Oksana, outra das ucranianas em Nakhodka que diz ter agora passaportes ucraniano e russo, contou que gostaria de regressar a Mariupol para a visitar, mas apenas se fizer parte da Rússia.
"De alguma forma as coisas são melhores na Rússia - mais calmas, enquanto na Ucrânia é uma confusão total. Não é claro o que é que o nosso governo está a fazer", disse à CNN por telefone, garantindo: "Eu sou pela paz em todo o mundo."
A sua amiga ucraniana Marina escreveu numa mensagem de texto que, após três anos, "veremos". "Depende do trabalho e do bem-estar material. Até agora, não é muito fácil."
Raymond suspeita que muitos dos que acabaram no extremo oriente da Rússia são menos abastados e, portanto, menos propensos a fazer a longa e cara viagem de regresso à Ucrânia, caso queiram voltar. Guerra após guerra, o mesmo padrão pode ser visto - aqueles com menos dinheiro têm menos opções, observou.

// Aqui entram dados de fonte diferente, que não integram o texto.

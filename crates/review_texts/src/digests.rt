//! The digests before a command.
ghost use Rattle.std.specs.Prelude.{◌≡◌, ◌≤◌, ◌+◌, length, max, IsTrue};
ghost use Rattle.std.specs.List.{list_all, take_while};
ghost use Rattle.review_texts.specs.Digests as spec;

use crate::bytes::{begins_defaults, from, is_blank, is_digit, peek, skip};
use crate::options::{is_lower, is_name_byte};

// Returns the number of bytes of the digest whose name begins a text, or 0 where none does.
fn digest_size(text: &[u8]) -> usize
    ensures size { result ≡ spec.digest_size text.now }
    ensures small { result ≤ 64 }
{
    if text.starts_with(b"sha224:") {
        28
    } else if text.starts_with(b"sha256:") {
        32
    } else if text.starts_with(b"sha384:") {
        48
    } else if text.starts_with(b"sha512:") {
        64
    } else {
        0
    }
}

// Whether a byte is a hexadecimal digit.
fn is_hex(byte: u8) -> bool
    ensures { result ≡ spec.is_hex byte }
{
    is_digit(byte) || (b'A' <= byte && byte <= b'F') || (b'a' <= byte && byte <= b'f')
}

// Whether a byte may stand in base64.
fn is_base64(byte: u8) -> bool
    ensures { result ≡ spec.is_base64 byte }
{
    byte.is_ascii_uppercase()
        || is_lower(byte)
        || is_digit(byte)
        || byte == b'+'
        || byte == b'/'
        || byte == b'='
}

// Returns the length in base64 of so many bytes, padded where a value ends in `=`.
fn base64_len(size: usize, value: &[u8]) -> usize
    requires { size ≤ 64 }
    ensures { result ≡ spec.base64_len size value.now }
{
    if peek(value, value.len().saturating_sub(1)) == b'=' {
        4 * ((size + 2) / 3)
    } else {
        (4 * size + 2) / 3
    }
}

// Whether each byte is a hexadecimal digit.
fn is_hexadecimal(value: &[u8]) -> bool
    ensures { result ≡ list_all spec.is_hex value.now }
{
    value.iter().all(|b| is_hex(*b))
}

// Returns the length of the value of a digest of so many bytes.
fn value_len(size: usize, value: &[u8]) -> usize
    requires { size ≤ 64 }
    ensures { result ≡ spec.value_len size value.now }
{
    if is_hexadecimal(value) {
        2 * size
    } else {
        base64_len(size, value)
    }
}

// Whether a value is that of a digest of so many bytes.
fn is_digest(size: usize, value: &[u8]) -> bool
    requires { size ≤ 64 }
    ensures { result ≡ spec.is_digest size value.now }
{
    value.len() == value_len(size, value)
}

// Returns the number of bytes of base64 that begin a text.
fn base64_count(text: &[u8]) -> usize
    ensures count { result ≡ length (take_while spec.is_base64 text.now) }
    ensures within { result ≤ length text.now }
{
    text.iter().take_while(|b| is_base64(**b)).count()
}

/// Returns the value of a digest at an offset.
#[tactic(auto, using(crate::proofs::Fronts::take_front))]
pub(crate) fn digest_at(text: &[u8], at: usize) -> &[u8]
    ensures value { result.now ≡ spec.digest_at text.now at }
    ensures within { at + length result.now ≤ max at (length text.now) }
{
    let rest = from(text, at);
    &rest[..base64_count(rest)]
}

/// Returns the offset at which the value of the digest at an offset begins.
pub(crate) fn digest_start(text: &[u8], at: usize) -> usize
    requires { at + 7 ≤ length text.now + 1 }
    ensures start { result ≡ spec.digest_start text.now at }
    ensures within { result ≤ max (at + 7) (length text.now) }
{
    skip(text, at + 7)
}

// Returns the offset at which the value ends.
fn digest_stop(text: &[u8], at: usize) -> usize
    requires { at + 7 ≤ length text.now + 1 }
    ensures stop { result ≡ spec.digest_stop text.now at }
    ensures within { result ≤ max (at + 7) (length text.now) }
{
    let start = digest_start(text, at);
    start + digest_at(text, start).len()
}

// Whether a command that may have a digest begins at an offset: a path, `sudoedit` or `ALL`.
fn begins_command(text: &[u8], at: usize) -> bool
    requires { at ≤ length text.now + 1 }
    ensures { result ≡ spec.begins_command text.now at }
{
    peek(text, at) == b'/'
        || from(text, at).starts_with(b"sudoedit")
        || (from(text, at).starts_with(b"ALL") && !is_name_byte(peek(text, at + 3)))
}

// Whether such a command stands at an offset, or `!` and such a command.
fn command_follows(text: &[u8], at: usize) -> bool
    requires { at ≤ length text.now }
    ensures { result ≡ spec.command_follows text.now at }
{
    begins_command(text, at) || (peek(text, at) == b'!' && begins_command(text, skip(text, at + 1)))
}

// Whether a comma stands at an offset, and behind it what may be a digest.
fn digest_follows(text: &[u8], at: usize) -> bool
    requires { at ≤ length text.now }
    ensures { result ≡ spec.digest_follows text.now at }
{
    peek(text, at) == b',' && 0 < digest_size(from(text, skip(text, at + 1)))
}

/// Returns the end of the digest at an offset, with the comma before a further one, or with the blank before its command.
pub(crate) fn digest_end(text: &[u8], at: usize) -> usize
    requires { at + 7 ≤ length text.now }
    ensures { result ≡ spec.digest_end text.now at }
{
    let stop = digest_stop(text, at);
    let next = skip(text, stop);
    if peek(text, next) == b',' {
        next + 1
    } else {
        stop + 1
    }
}

// Whether what follows a digest whose value ends at an offset may follow it.
fn may_follow(text: &[u8], stop: usize) -> bool
    requires { stop ≤ length text.now }
    ensures { result ≡ spec.may_follow text.now stop }
{
    let next = skip(text, stop);
    digest_follows(text, next) || (is_blank(peek(text, stop)) && command_follows(text, next))
}

/// Whether a digest is spelled at an offset, with a blank and a command or with a further digest behind it.
#[tactic(auto, unfolding(crate::specs::Digests::spells_digest))]
pub(crate) fn spells_digest(text: &[u8], at: usize) -> bool
    requires { at ≤ length text.now }
    ensures digest { result ≡ spec.spells_digest text.now at }
    ensures within { IsTrue result → at + 7 ≤ length text.now }
{
    let size = digest_size(from(text, at));
    0 < size
        && is_digest(size, digest_at(text, digest_start(text, at)))
        && may_follow(text, digest_stop(text, at))
        && !begins_defaults(text)
}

"São aqueles que não têm meios para fugir pela Europa, pelo Báltico, que muitas vezes ficam presos em situações em que podem ser explorados", apontou.
O Conselho de Segurança Nacional dos Estados Unidos recusou-se a dizer se a Ucrânia deveria fazer mais para assegurar aos cidadãos que fugiram para a Rússia que podem voltar sem problemas. Mas disse que os EUA estão a prestar assistência para identificar e localizar refugiados ucranianos que tenham sido detidos e interrogados na Rússia, e estão a impor sanções e restrições de vistos a autoridades e empresas russas, a fim de responsabilizar a Rússia pelo que os EUA descrevem como deportações forçadas.
Oksana garantiu que a Rússia nunca fez parte do seu plano, mesmo quando se abrigou numa cave miserável em Mariupol enquanto a cidade estava sitiada pelas forças russas.
"Eu ia ficar e morrer lá, se a minha filha não tivesse dito: 'Mãe, não quero comer assim e morrer na cave'." Com o irmão de Oksana já no extremo oriente russo, elas decidiram partir.
Oksana disse que os voluntários têm sido úteis e que embora alguns habitantes locais tenham sugerido que ela "voltasse", outros encorajaram-na a ficar - o que, por enquanto, é o que ela pretende fazer.